Hiervon entfielen auf Schlesien 261 km. Der elektrische Zugbetrieb
in Schlesien umfaßte nach dem ersten Ausbau im Jahre 1921 die 127 km lange Strecke
Königszelt-Hirschberg-Lauban der schlesischen Gebirgsbahn und die von ihr nach Süden in das Gebirgsgelände ausstrahlenden Seitenlinien Niedersalzbrunn-Halbstadt,
Ruhbank-Liebau und Hirschberg-Schreiberhau-Polaun mit Zusammen 105 km Länge.
Er blieb aber zunächst unvollkommen. Erstreckte er sich doch nur auf den Teil der Strecke
Breslau-Görlitz, der allerdings die schwierigsten Streckenverhältnisse aufwies,
es aber doch nicht erlaubte, die Vorteile des elektrischen Betriebes in vollem Umfange auszuwerten.
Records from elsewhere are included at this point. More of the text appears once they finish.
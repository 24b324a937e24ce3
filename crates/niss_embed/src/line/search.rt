//! A search on one line, by tables that the caller keeps.
ghost use Rattle.std.specs.Prelude.{◌≡◌, ◌⊎◌, ◌≤◌, ◌<◌, if◌then◌else◌, Ok, Err, None, false, true, MatchOption, MatchResult};
ghost use Rattle.std.specs.Prelude.{length, OnOk, IfErr, ◌+◌, ℕ};
ghost use Rattle.niss_moves.specs.Places.{Place};
ghost use Rattle.niss_moves.specs.Reader.{read_line};
ghost use Rattle.niss_search.specs.Budgets.{is_cut_in, HasSpent};
ghost use Rattle.niss_search.specs.Cubes.{IsPosition, HasPosition, near_solutions_of, near_looks_of};
ghost use Rattle.niss_search.specs.Delivery.{WentThrough, StoppedAt, EndedIn, at_limit};
ghost use Rattle.niss_search.specs.LookNumbers.{found_within_of, look_number_of};
ghost use Rattle.niss_shell.specs.Output.{solution_line, start_cube};
ghost use Rattle.niss_shell.specs.Words.{most_bytes, most_limit};
ghost use Rattle.niss_embed.specs.Memory.{memory};
ghost use Rattle.niss_lines.specs.LineCalls.{status_number};
ghost use Rattle.niss_embed.specs.LineSearch.{most_of_line, lines_state, Takes, Refuses, capped, SolvesCube, is_cut};
ghost use Rattle.niss_embed.specs.LineSearch.{SolvesLine, count_state, Counts, CountsNoMore, wanted_in};
ghost use Rattle.niss_lines.specs.declared.answer.Status.TheVariants.{Done, NoRoom, Cut};

mod after;
mod counting;

use crate::line::search_answer::SearchAnswer;
use crate::memory::put;
pub use after::solve_after;
pub use counting::count_line;
use niss_lines::{Status, read_by};
use niss_moves::{LineReader, LineText, Turn};
use niss_search::laws::first_is_least;
use niss_search::{
    Limit, Meter, Outcome, Position, Sink, Stopped, Tables, TurnPath, search_within,
};
use niss_shell::{LineFault, MOST_BYTES, set_solution, start_position};
use std::alloc::Allocator;

/// Which solutions are asked for, in numbers that a caller may give in any way.
#[derive(Clone, Copy, Debug, PartialEq, Eq)]
pub struct Wanted {
    /// How many turns a solution has at most: 20 or fewer.
    pub limit: u8,
    /// How many turns more than the least one: 20 or fewer.
    pub slack: u8,
    /// How many are handed out or counted at most.
    pub most: u64,
    /// At how many positions the search looks at most.
    pub most_nodes: u64,
}

/// How far a search goes: what is wanted, if its limit and its slack are 20 or fewer.
#[derive(Clone, Copy)]
struct Bounds {
    limit: Limit,
    slack: Limit,
    most: u64,
    most_nodes: u64,
}

impl Bounds {
    /// The bounds of what is asked for, if there is such a search.
    fn new(asked: Wanted) -> Option<Bounds>
        ensures { MatchOption result ((most_limit < asked.limit) ⊎ (most_limit < asked.slack))
            (λ bounds. (wanted_in bounds ≡ asked) × (asked.limit ≤ most_limit) × (asked.slack ≤ most_limit)) }
    {
        Some(Bounds {
            limit: Limit::new(asked.limit)?,
            slack: Limit::new(asked.slack)?,
            most: asked.most,
            most_nodes: asked.most_nodes,
        })
    }
}

/// The line of a solution isn't longer than that of 20 turns.
#[tactic(auto, using(crate::proofs::LineLengths::short_line))]
fn line_is_short(turns: &[Turn])
    requires { length turns.now ≤ 20 }
    ensures { length (solution_line turns.now) ≤ most_of_line }
{}

/// A solution wasn't taken.
#[derive(Clone, Copy, Debug, PartialEq, Eq)]
struct Refused;

/// Solutions as lines, at most so many, from the beginning of lent memory. One that it has no room for is refused, and
/// so is one too many; nothing of it is written. So the caller learns whether there are more: since the distance is
/// exact, the way to the next one is short.
#[derive(Drop)]
struct SolutionLines<'a> {
    bytes: &'a mut [u8],
    written: usize,
    solutions: u64,
    most: u64,
    /// How many turns the first solution has that was taken or refused.
    first: Option<u8>,
    too_small: bool,
    /// The line of the last solution. One text serves all, since a new one would be zeroed for each.
    line: LineText,
    ghost within: { written ≤ length bytes.now },
    ghost few: { solutions ≤ most },
}

impl<'a> SolutionLines<'a> {
    /// No solution yet, and at most so many.
    fn new(bytes: &'a mut [u8], most: u64) -> SolutionLines<'a>
        ensures same_reference { result.bytes.ghost_name ≡ bytes.entry.ghost_name }
        ensures unchanged { result.bytes.now ≡ bytes.old }
        ensures empty { result.written ≡ 0 }
        ensures none { result.solutions ≡ 0 }
        ensures most { result.most ≡ most }
        ensures first { result.first ≡ None }
        ensures works { result.too_small ≡ false }
    {
        SolutionLines {
            bytes,
            written: 0,
            solutions: 0,
            most,
            first: None,
            too_small: false,
            line: LineText::new(),
        }
    }
}

impl Sink for SolutionLines<'_> {
    type Fault = Refused;

    ghost took = { λ old path new. Takes path.turns
        (lines_state old.bytes.now old.bytes.ghost_name old.written old.solutions old.most old.first old.too_small)
        (lines_state new.bytes.now new.bytes.ghost_name new.written new.solutions new.most new.first new.too_small) };

    ghost refused = { λ old path new. Refuses path.turns
        (lines_state old.bytes.now old.bytes.ghost_name old.written old.solutions old.most old.first old.too_small)
        (lines_state new.bytes.now new.bytes.ghost_name new.written new.solutions new.most new.first new.too_small) };

    #[inline(never)]
    fn take(&mut self, path: &TurnPath) -> Result<(), Refused> {
        let turns = path.turns();
        line_is_short(turns);
        self.first = self.first.or(Some(turns.len() as u8));
        if self.solutions == self.most {
            return Err(Refused);
        }
        set_solution(path, &mut self.line);
        if self.line.len() > self.bytes.len() - self.written {
            self.too_small = true;
            return Err(Refused);
        }
        self.written += put(self.bytes, self.written, self.line.as_slice());
        self.solutions += 1;
        Ok(())
    }
}

/// The number, or the greatest one of 64 bits: C doesn't have the 128 by which the engine counts.
fn capped(number: u128) -> u64
    ensures { result ≡ capped number }
{
    number.min(u64::MAX as u128) as u64
}

/// The position that the search begins at: that of the line's cube, if the line is read and the step
/// may start there.
fn begin<A: Allocator + Copy>(tables: &Tables<A>, line: &[u8]) -> Result<Position, LineFault>
    requires { length line.now ≤ most_bytes }
    ensures { MatchResult result
        (λ position. (e : Place → Place) × (start_cube tables.now (read_line line.now) ≡ Ok e)
        × HasPosition tables.now e position)
        (λ fault. start_cube tables.now (read_line line.now) ≡ Err fault) }
{
    let mut reader = LineReader::new();
    let moves = read_by(&mut reader, line).map_err(LineFault::Unread)?;
    start_position(tables, moves).ok_or(LineFault::NoStart(tables.step()))
}

/// Searches as `search_within` of `niss_search`, within bounds.
fn search_at_most<K: Sink, A: Allocator + Copy>(
    tables: &Tables<A>,
    position: &Position,
    bounds: Bounds,
    looks: &mut Meter,
    sink: &mut K,
) -> Result<Outcome, Stopped<K::Fault>>
    requires position { IsPosition tables.now position.now }
    requires meter { looks.old ≡ 0 }
    ensures ok { (e : Place → Place) → HasPosition tables.now e position.now
        → OnOk result (WentThrough (at_limit K.took bounds.limit)
        sink.old (near_solutions_of tables.now e bounds.limit bounds.slack) sink.new) }
    ensures err { (e : Place → Place) → HasPosition tables.now e position.now
        → IfErr result (λ stop. EndedIn (at_limit K.took bounds.limit) (at_limit K.refused bounds.limit)
        (is_cut_in stop) sink.old (near_solutions_of tables.now e bounds.limit bounds.slack) sink.new) }
    ensures cut { (e : Place → Place) → HasPosition tables.now e position.now
        → IfErr result (λ stop. is_cut_in stop ≡ true
        → bounds.most_nodes < near_looks_of tables.now e bounds.limit bounds.slack) }
    ensures found { (e : Place → Place) (made : ℕ) → HasPosition tables.now e position.now → looks.new ≡ looks.old + made
        → IfErr result (λ stop. is_cut_in stop ≡ true → WentThrough (at_limit K.took bounds.limit)
        sink.old (found_within_of tables.now e bounds.limit bounds.slack made) sink.new) }
    ensures stopped { (e : Place → Place) (made : ℕ) → HasPosition tables.now e position.now → looks.new ≡ looks.old + made
        → IfErr result (λ stop. is_cut_in stop ≡ false
        → StoppedAt (at_limit K.took bounds.limit) (at_limit K.refused bounds.limit) (look_number_of tables.now e)
        sink.old (near_solutions_of tables.now e bounds.limit bounds.slack) sink.new made) }
    ensures few { IfErr result (λ stop. is_cut_in stop ≡ true → capped looks.new ≡ looks.new) }
    ensures looks { (e : Place → Place) → HasPosition tables.now e position.now
        → OnOk result (looks.new ≡ near_looks_of tables.now e bounds.limit bounds.slack) }
    ensures looks_at_most { (e : Place → Place) → HasPosition tables.now e position.now
        → looks.new ≤ near_looks_of tables.now e bounds.limit bounds.slack }
    ensures within { capped looks.new ≤ bounds.most_nodes }
    ensures spent { HasSpent is_cut_in bounds.most_nodes tables.now (capped looks.new) result }
{
    let mut path = TurnPath::new(bounds.limit);
    let most = u128::from(bounds.most_nodes);
    search_within(tables, position, bounds.slack, &mut path, looks, sink, most)
}

/// The status of a search, by whether it was cut and whether a solution had no room.
fn status_of(cut: bool, too_small: bool) -> u8
    ensures { result ≡ (if cut then status_number Cut
        else (if too_small then status_number NoRoom else status_number Done)) }
{
    if cut {
        Status::Cut.number()
    } else if too_small {
        Status::NoRoom.number()
    } else {
        Status::Done.number()
    }
}

/// Whether a search was cut.
fn was_cut<T, F>(found: &Result<T, Stopped<F>>) -> bool
    ensures { result ≡ is_cut found.now }
{
    matches!(found, Err(Stopped::Cut))
}

/// Hands out the solutions from a position.
fn solve_position<A: Allocator + Copy>(
    tables: &Tables<A>,
    position: &Position,
    bounds: Bounds,
    out: &mut [u8],
) -> SearchAnswer
    requires { IsPosition tables.now position.now }
    ensures { (e : Place → Place) → HasPosition tables.now e position.now →
        SolvesCube tables.now (wanted_in bounds) e (memory out.old out.new) result }
{
    // so the first solution tells the least length, also if the search is stopped
    first_is_least();
    let mut looks = Meter::new();
    let mut lines = SolutionLines::new(out, bounds.most);
    let found = search_at_most(tables, position, bounds, &mut looks, &mut lines);
    SearchAnswer {
        status: status_of(was_cut(&found), lines.too_small),
        fault: 0,
        least: lines.first.unwrap_or(0),
        more: found.is_err(),
        column: 0,
        length: lines.written,
        solutions: lines.solutions,
        nodes: capped(looks.count()),
    }
}

/// Writes the solutions for a line, by tables that the caller keeps: those of at most `limit` turns that are at most
/// `slack` turns longer than the least, and at most `most` of them, each on a line as `near` and `solve` write it. One
/// that has no room ends it, and nothing of it is written. Before it would look at more than `most_nodes` positions it
/// is cut, with fewer of them left than the step has turns.
pub fn solve_line<A: Allocator + Copy>(
    tables: &Tables<A>,
    line: &[u8],
    wanted: Wanted,
    out: &mut [u8],
) -> SearchAnswer
    ensures { SolvesLine tables.now wanted line.now (memory out.old out.new) result }
{
    let Some(bounds) = Bounds::new(wanted) else {
        return SearchAnswer::misused();
    };
    if line.len() > MOST_BYTES {
        return SearchAnswer::too_long();
    }
    match begin(tables, line) {
        Ok(position) => solve_position(tables, &position, bounds, out),
        Err(fault) => SearchAnswer::faulty(fault),
    }
}

/// Solutions that are counted, at most so many.
#[derive(Drop)]
struct CountedSolutions {
    solutions: u64,
    most: u64,
    /// How many turns the first solution has that was taken or refused.
    first: Option<u8>,
    ghost few: { solutions ≤ most },
}

impl CountedSolutions {
    /// No solution yet, and at most so many.
    fn new(most: u64) -> CountedSolutions
        ensures none { result.solutions ≡ 0 }
        ensures most { result.most ≡ most }
        ensures first { result.first ≡ None }
    {
        CountedSolutions {
            solutions: 0,
            most,
            first: None,
        }
    }
}

impl Sink for CountedSolutions {
    type Fault = Refused;

    ghost took = { λ old path new. Counts path.turns (count_state old.solutions old.most old.first)
        (count_state new.solutions new.most new.first) };

    ghost refused = { λ old path new. CountsNoMore path.turns (count_state old.solutions old.most old.first)
        (count_state new.solutions new.most new.first) };

    #[inline(never)]
    fn take(&mut self, path: &TurnPath) -> Result<(), Refused> {
        self.first = self.first.or(Some(path.turns().len() as u8));
        if self.solutions == self.most {
            return Err(Refused);
        }
        self.solutions += 1;
        Ok(())
    }
}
Ungefähr 50 km vor Brenslau endigte der elektrische Betrieb, um die Dampflokomotive mußte die Weiterbeförderung der Züge bis Breslau Übernehmen.
Ebenso mußte in Lauban die Lokomotive gewechselt werden. Sowohl Königszelt wie
Lauban waren als Lokomotivwechselbahnhöfe wenig geeignet, so daß der Betrieb
ungünstig beeinflußt wurde. Der Streckenabschnitt Lauban-Görlitz konnte
1923 in den elektrischen Betrieb einbezogen werden. Damit war der eine Endpunkt des Betriebes in einen Bahnhof verlegt, der sich betrieblich und verkehrlich dafür eignet.
Es verblieb aber noch der unwirtschaftliche Wechsel der Betriebsart in Königszelt.
Im Jahre 1926 konnte endlich auch mit dem Ausbau der Reststrecke Breslau-Königszelt
begonnen werden. Nach kurzer Unterbrechnung der Bauarbeiten im Winter des Jahres 1926/27 wurden sie im Mai 1927 wieder aufgenommen und so gefördert, daß die Betriebsaufnahme am 28.Januar 1928 erfolgen kann. Gleichzeitig ist die Ausrüstung der
von Lauban ausgehenden Strecken Lauban-Kohlfurt und Lauban-Marklissa begonnen worden.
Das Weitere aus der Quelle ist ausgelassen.